____ SUPPLIED RECORDS
// Rice: the quotient of w - 1 by 2^k in zeros, a one, and the remainder in k bits.
ghost use Rattle.std.specs.Prelude.{◌≡◌, ◌+◌, ◌-◌, ◌*◌, ◌/◌, ◌≤◌, ◌<◌, min, length};
ghost use Rattle.format.specs.Limits.{largest_word, largest_parameter};
ghost use Rattle.format.specs.Codes.{Word, rice};
ghost use Rattle.bits.specs.Cursor.{Within};
ghost use Rattle.read_words.specs.Told.{ToldWord};

use crate::NoWord;
use crate::parts::{between, zeros};
use bits::Cursor;
use bits::small::power;

// w - 1 of the largest word w, which is what Rice writes; in 64 bits too, as its parts are.
const LARGEST: u32 = limits::LARGEST_WORD - 1;

const WIDE: u64 = LARGEST as u64;

// The largest quotient of w - 1 by p.
fn most_zeros(p: u32) -> usize
    requires { 0 < p }
    ensures { (result ≡ (largest_word - 1) / p) × (result ≤ largest_word - 1) }
{
    (LARGEST / p) as usize
}

// The largest remainder after a quotient that is worth base.
fn most_after(p: u32, base: u64) -> u64
    requires { (0 < p) × (base ≤ largest_word - 1) }
    ensures { (result ≡ min (p - 1) (largest_word - 1 - base)) × (result < p) × (result + base ≤ largest_word - 1) }
{
    u64::from(p - 1).min(WIDE - base)
}

pub fn read(c: Cursor, s: &[u8], k: usize) -> Result<(u32, Cursor), NoWord>
    requires { Within c (length s.now) × (k ≤ largest_parameter) }
    ensures { ToldWord Word (rice k) s.now c result }
{
    let p = power(k);
    let (q, d) = zeros(c, s, most_zeros(p))?;
    let base = q as u64 * p as u64;
    let (rest, e) = between(d, s, k, 0, most_after(p, base))?;
    Ok(((base + 1) as u32 + rest, e))
}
________
PROBLEM DESCRIPTION:
Search the lines above for the string "WIDE" and copy each line that has it.

PROBLEM SOLUTION:
const WIDE: u64 = LARGEST as u64;
    u64::from(p - 1).min(WIDE - base)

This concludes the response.